Prompt Management in Production

TL;DR

Prompts are code. Version them in Git, test them, deploy via your normal pipeline.
One typo can tank output quality. One "improvement" can double latency. Track changes.
Monitor: latency, token usage, error rate, and — if possible — output quality (sampling, heuristics).

"Just update the prompt" is how production breaks.
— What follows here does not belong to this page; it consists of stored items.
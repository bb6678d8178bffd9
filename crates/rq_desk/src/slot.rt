//! Where a thread waits for the answer to its ask.
ghost use Rattle.std.specs.Prelude.{◌≡◌, IfOk};
ghost use Rattle.std.specs.Option.{ForSome};

use rq_hub::{Naming, Said};
use std::sync::{Condvar, Mutex, Wait};

/// Why there is no answer.
#[derive(Clone, Copy, Drop)]
pub enum DeskError {
    /// Memory was wanting, and nothing was done.
    NoMemory,
    /// The program ends. Whether it was done isn't known.
    Failed,
}

/// The answer to the ask of this number, once it has come, or why there is none.
#[derive(Drop)]
struct Held<J: Naming> {
    number: u64,
    said: Option<Said<J>>,
    failed: Option<DeskError>,
    ghost his: { ForSome said (λ s. s.answer.number ≡ number) },
}

impl<J: Naming> Held<J> {
    /// Whether nothing has come for this ask.
    fn waits(&self, number: u64) -> bool {
        self.number != number || (self.said.is_none() && self.failed.is_none())
    }
}

/// Where one thread waits for the answer to its ask, one ask at a time.
#[derive(Drop)]
pub struct Slot<J: Naming> {
    held: Mutex<Held<J>>,
    came: Condvar,
}

impl<J: Naming> Slot<J> {
    /// Nothing has come.
    pub fn new() -> Slot<J> {
        Slot {
            held: Mutex::new(Held {
                number: 0,
                said: None,
                failed: None,
            }),
            came: Condvar::new(),
        }
    }

    /// Hands over an answer.
    pub fn post<R: Wait>(&self, rt: &R, said: Said<J>) {
        let mut held = self.held.lock(rt);
        *held = Held {
            number: said.number(),
            said: Some(said),
            failed: None,
        };
        self.came.notify_one();
    }

    /// Says why there is no answer to the ask of this number.
    pub fn fail<R: Wait>(&self, rt: &R, number: u64, error: DeskError) {
        let mut held = self.held.lock(rt);
        *held = Held {
            number,
            said: None,
            failed: Some(error),
        };
        self.came.notify_one();
    }

    /// Waits until the answer to the ask of this number has come, and takes it.
    pub fn take<R: Wait>(&self, rt: &R, number: u64) -> Result<Said<J>, DeskError>
        ensures { IfOk result (λ s. s.answer.number ≡ number) }
    {
        let mut held = self
            .came
            .wait_while(rt, self.held.lock(rt), |held| held.waits(number));
        let Held {
            number: theirs,
            said,
            failed,
        } = std::mem::replace(
            &mut *held,
            Held {
                number: 0,
                said: None,
                failed: None,
            },
        );
        match said {
            Some(said) if theirs == number => Ok(said),
            other => {
                drop(other);
                Err(failed.unwrap_or(DeskError::Failed))
            }
        }
    }
}
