//! Putting asks, and waiting for their answers.
ghost use Rattle.std.specs.Prelude.{◌≡◌, IfOk};

use crate::mail::{Put, Shared};
pub use crate::slot::DeskError;
use crate::slot::Slot;
use crate::wanted::Wanted;
use rq_hub::{Naming, Said};
use std::alloc::Global;
use std::sync::{Arc, Wait};

/// The next ask's number. None where no more are given: then the program ends.
pub fn number<J: Naming, R: Wait>(rt: &R, shared: &Shared<J>) -> Option<u64> {
    let mut mail = shared.mail.lock(rt);
    let number = mail.numbers.next();
    if number.is_none() {
        mail.closed = true;
        shared.arrived.notify_all();
    }
    number
}

/// Puts an ask, and waits until its answer has come: the rules' answer to this number.
pub fn put<J: Naming, R: Wait>(
    rt: &R,
    shared: &Shared<J>,
    slot: &Arc<Slot<J>, Global>,
    number: u64,
    wanted: Wanted,
) -> Result<Said<J>, DeskError>
    ensures { IfOk result (λ s. s.answer.number ≡ number) }
{
    let Ok(theirs) = Arc::try_clone(slot) else {
        drop(wanted);
        return Err(DeskError::NoMemory);
    };
    send(
        rt,
        shared,
        Put {
            number,
            wanted,
            slot: theirs,
        },
    )?;
    slot.take(rt, number)
}

/// Lays the ask where the hub's thread takes it up.
fn send<J: Naming, R: Wait>(rt: &R, shared: &Shared<J>, put: Put<J>) -> Result<(), DeskError> {
    let mut mail = shared.mail.lock(rt);
    if mail.closed {
        drop(put);
        return Err(DeskError::Failed);
    }
    if mail.puts.push(put).is_err() {
        return Err(DeskError::NoMemory);
    }
    shared.arrived.notify_one();
    Ok(())
}

/// From now on nothing is taken up: the program ends.
pub fn close<J: Naming, R: Wait>(rt: &R, shared: &Shared<J>) {
    shared.mail.lock(rt).closed = true;
    shared.arrived.notify_all();
}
Here's how to do it right.

Why Prompts Need Discipline

Fragility. "Summarize" vs "Summarise" can change behavior. Extra line breaks matter.
Drift. Someone edits the staging prompt. Forgets to sync prod. Two systems, different behavior.
Cost. Longer prompts = more input tokens = higher cost. Unchecked prompt growth bleeds money.
No rollback. If a prompt change degrades quality, how do you revert? Hope you have a backup?

Prompts as Code

Store prompts in your repo. Not in the LLM provider's dashboard. Not in a random doc.

prompts/
  summarize_ticket.yaml      # or .json, .md — pick one
  suggest_labels.yaml
  faq_answer.yaml

Each file: the prompt template + metadata (model, temperature, max_tokens).

Use a template engine (Jinja, Mustache) to inject variables: {{context}}, {{question}}.

Versioning

Git. Every prompt change is a commit. You get history, diff, blame.
Tag releases. "v1.2 of summarize_ticket" = a specific commit.
Env-specific. Staging can point to main; prod to a tagged release. No surprises.

Testing Prompts

Unit test the template. Does it render? No undefined variables? No broken syntax?
Regression suite. Golden set: 10–50 (input, expected_output) pairs. Run before deploy. If outputs drift, flag it.
A/B or shadow. New prompt runs in shadow; compare to current. Roll out only if metrics improve.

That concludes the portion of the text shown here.